* EXERCISE BRIEF *
Provide an exact transcription of all the records.

[Saved entries]
--*--

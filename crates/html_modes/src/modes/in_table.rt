//! The "in table" insertion mode (HTML Standard, section 13.2.6.4.9).
ghost use Rattle.std.specs.Prelude.{◌≡◌};
ghost use Rattle.html_rules.specs.Modes.InTable.{in_table};
ghost use Rattle.html_modes.specs.Tables.{rows_of};

use crate::table::Action::{
    AppendComment, ClearBackTo, DisableFosterParenting, EnableFosterParenting, InsertElement,
    InsertFormVoid, InsertMarker, InsertNew, InsertVoid, Nothing, ParseError, PopUntil, ResetMode,
    SaveMode, SwitchTo,
};
use crate::table::Class::{AnythingElse, Character, Comment, EndOfFile, EndTags, Null, StartTags};
use crate::table::Conclusion::{Acknowledged, Done, Reprocess, ReprocessInMode, Using, UsingThen};
use crate::table::Condition::{
    Both, CurrentIs, HasFormElem, InScope, Not, TemplateOpen, TypeHidden,
};
use crate::table::{Implied, Row, row};
use html_rules::{InsertionMode, TagSet};

const IN_TABLE: &[Row] = &[
    row!(Character, if CurrentIs(TagSet::FosterTarget), [SaveMode], Reprocess(InsertionMode::InTableText)),
    row!(Null, if CurrentIs(TagSet::FosterTarget), [SaveMode], Reprocess(InsertionMode::InTableText)),
    row!(
        Character,
        [ParseError, EnableFosterParenting],
        UsingThen(InsertionMode::InBody, DisableFosterParenting)
    ),
    row!(
        Null,
        [ParseError, EnableFosterParenting],
        UsingThen(InsertionMode::InBody, DisableFosterParenting)
    ),
    row!(Comment, [AppendComment], Done),
    row!(
        StartTags(TagSet::Caption),
        [
            ClearBackTo(TagSet::TableScope),
            InsertMarker,
            InsertElement,
            SwitchTo(InsertionMode::InCaption)
        ],
        Done
    ),
    row!(
        StartTags(TagSet::Colgroup),
        [
            ClearBackTo(TagSet::TableScope),
            InsertElement,
            SwitchTo(InsertionMode::InColumnGroup)
        ],
        Done
    ),
    row!(
        StartTags(TagSet::Col),
        [
            ClearBackTo(TagSet::TableScope),
            InsertNew(Implied::Colgroup)
        ],
        Reprocess(InsertionMode::InColumnGroup)
    ),
    row!(
        StartTags(TagSet::TbodyTfootThead),
        [
            ClearBackTo(TagSet::TableScope),
            InsertElement,
            SwitchTo(InsertionMode::InTableBody)
        ],
        Done
    ),
    row!(
        StartTags(TagSet::TdThTr),
        [ClearBackTo(TagSet::TableScope), InsertNew(Implied::Tbody)],
        Reprocess(InsertionMode::InTableBody)
    ),
    row!(StartTags(TagSet::Table), if InScope(TagSet::TableScope, TagSet::Table),
        [ParseError, PopUntil(TagSet::Table), ResetMode], ReprocessInMode),
    row!(StartTags(TagSet::Table), [ParseError], Done),
    row!(EndTags(TagSet::Table), if InScope(TagSet::TableScope, TagSet::Table), [PopUntil(TagSet::Table), ResetMode], Done),
    row!(EndTags(TagSet::Table), [ParseError], Done),
    row!(EndTags(TagSet::InTableIgnoredEnd), [ParseError], Done),
    row!(
        StartTags(TagSet::StyleScriptTemplate),
        [Nothing],
        Using(InsertionMode::InHead)
    ),
    row!(
        EndTags(TagSet::Template),
        [Nothing],
        Using(InsertionMode::InHead)
    ),
    row!(StartTags(TagSet::Input), if TypeHidden, [ParseError, InsertVoid], Acknowledged),
    row!(StartTags(TagSet::Form), if Both(&Not(&TemplateOpen), &Not(&HasFormElem)), [ParseError, InsertFormVoid], Done),
    row!(StartTags(TagSet::Form), [ParseError], Done),
    row!(EndOfFile, [Nothing], Using(InsertionMode::InBody)),
    row!(
        AnythingElse,
        [ParseError, EnableFosterParenting],
        UsingThen(InsertionMode::InBody, DisableFosterParenting)
    ),
];

/// The rows.
pub(crate) fn rows() -> &'static [Row]
    ensures { rows_of result.now ≡ in_table }
{
    IN_TABLE
}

--*--

* EXPECTED OUTPUT *
filename crates/html_modes/src/modes/in_table.rt
//! The "in table" insertion mode (HTML Standard, section 13.2.6.4.9).
ghost use Rattle.std.specs.Prelude.{◌≡◌};
ghost use Rattle.html_rules.specs.Modes.InTable.{in_table};
ghost use Rattle.html_modes.specs.Tables.{rows_of};

use crate::table::Action::{
    AppendComment, ClearBackTo, DisableFosterParenting, EnableFosterParenting, InsertElement,
    InsertFormVoid, InsertMarker, InsertNew, InsertVoid, Nothing, ParseError, PopUntil, ResetMode,
    SaveMode, SwitchTo,
};
use crate::table::Class::{AnythingElse, Character, Comment, EndOfFile, EndTags, Null, StartTags};
use crate::table::Conclusion::{Acknowledged, Done, Reprocess, ReprocessInMode, Using, UsingThen};
use crate::table::Condition::{
    Both, CurrentIs, HasFormElem, InScope, Not, TemplateOpen, TypeHidden,
};
use crate::table::{Implied, Row, row};
use html_rules::{InsertionMode, TagSet};

const IN_TABLE: &[Row] = &[
    row!(Character, if CurrentIs(TagSet::FosterTarget), [SaveMode], Reprocess(InsertionMode::InTableText)),
    row!(Null, if CurrentIs(TagSet::FosterTarget), [SaveMode], Reprocess(InsertionMode::InTableText)),
    row!(
        Character,
        [ParseError, EnableFosterParenting],
        UsingThen(InsertionMode::InBody, DisableFosterParenting)
    ),
    row!(
        Null,
        [ParseError, EnableFosterParenting],
        UsingThen(InsertionMode::InBody, DisableFosterParenting)
    ),
    row!(Comment, [AppendComment], Done),
    row!(
        StartTags(TagSet::Caption),
        [
            ClearBackTo(TagSet::TableScope),
            InsertMarker,
            InsertElement,
            SwitchTo(InsertionMode::InCaption)
        ],
        Done
    ),
    row!(
        StartTags(TagSet::Colgroup),
        [
            ClearBackTo(TagSet::TableScope),
            InsertElement,
            SwitchTo(InsertionMode::InColumnGroup)
        ],
        Done
    ),
    row!(
        StartTags(TagSet::Col),
        [
            ClearBackTo(TagSet::TableScope),
            InsertNew(Implied::Colgroup)
        ],
        Reprocess(InsertionMode::InColumnGroup)
    ),
    row!(
        StartTags(TagSet::TbodyTfootThead),
        [
            ClearBackTo(TagSet::TableScope),
            InsertElement,
            SwitchTo(InsertionMode::InTableBody)
        ],
        Done
    ),
    row!(
        StartTags(TagSet::TdThTr),
        [ClearBackTo(TagSet::TableScope), InsertNew(Implied::Tbody)],
        Reprocess(InsertionMode::InTableBody)
    ),
    row!(StartTags(TagSet::Table), if InScope(TagSet::TableScope, TagSet::Table),
        [ParseError, PopUntil(TagSet::Table), ResetMode], ReprocessInMode),
    row!(StartTags(TagSet::Table), [ParseError], Done),
    row!(EndTags(TagSet::Table), if InScope(TagSet::TableScope, TagSet::Table), [PopUntil(TagSet::Table), ResetMode], Done),
    row!(EndTags(TagSet::Table), [ParseError], Done),
    row!(EndTags(TagSet::InTableIgnoredEnd), [ParseError], Done),
    row!(
        StartTags(TagSet::StyleScriptTemplate),
        [Nothing],
        Using(InsertionMode::InHead)
    ),
    row!(
        EndTags(TagSet::Template),
        [Nothing],
        Using(InsertionMode::InHead)
    ),
    row!(StartTags(TagSet::Input), if TypeHidden, [ParseError, InsertVoid], Acknowledged),
    row!(StartTags(TagSet::Form), if Both(&Not(&TemplateOpen), &Not(&HasFormElem)), [ParseError, InsertFormVoid], Done),
    row!(StartTags(TagSet::Form), [ParseError], Done),
    row!(EndOfFile, [Nothing], Using(InsertionMode::InBody)),
    row!(
        AnythingElse,
        [ParseError, EnableFosterParenting],
        UsingThen(InsertionMode::InBody, DisableFosterParenting)
    ),
];

/// The rows.
pub(crate) fn rows() -> &'static [Row]
    ensures { rows_of result.now ≡ in_table }
{
    IN_TABLE
}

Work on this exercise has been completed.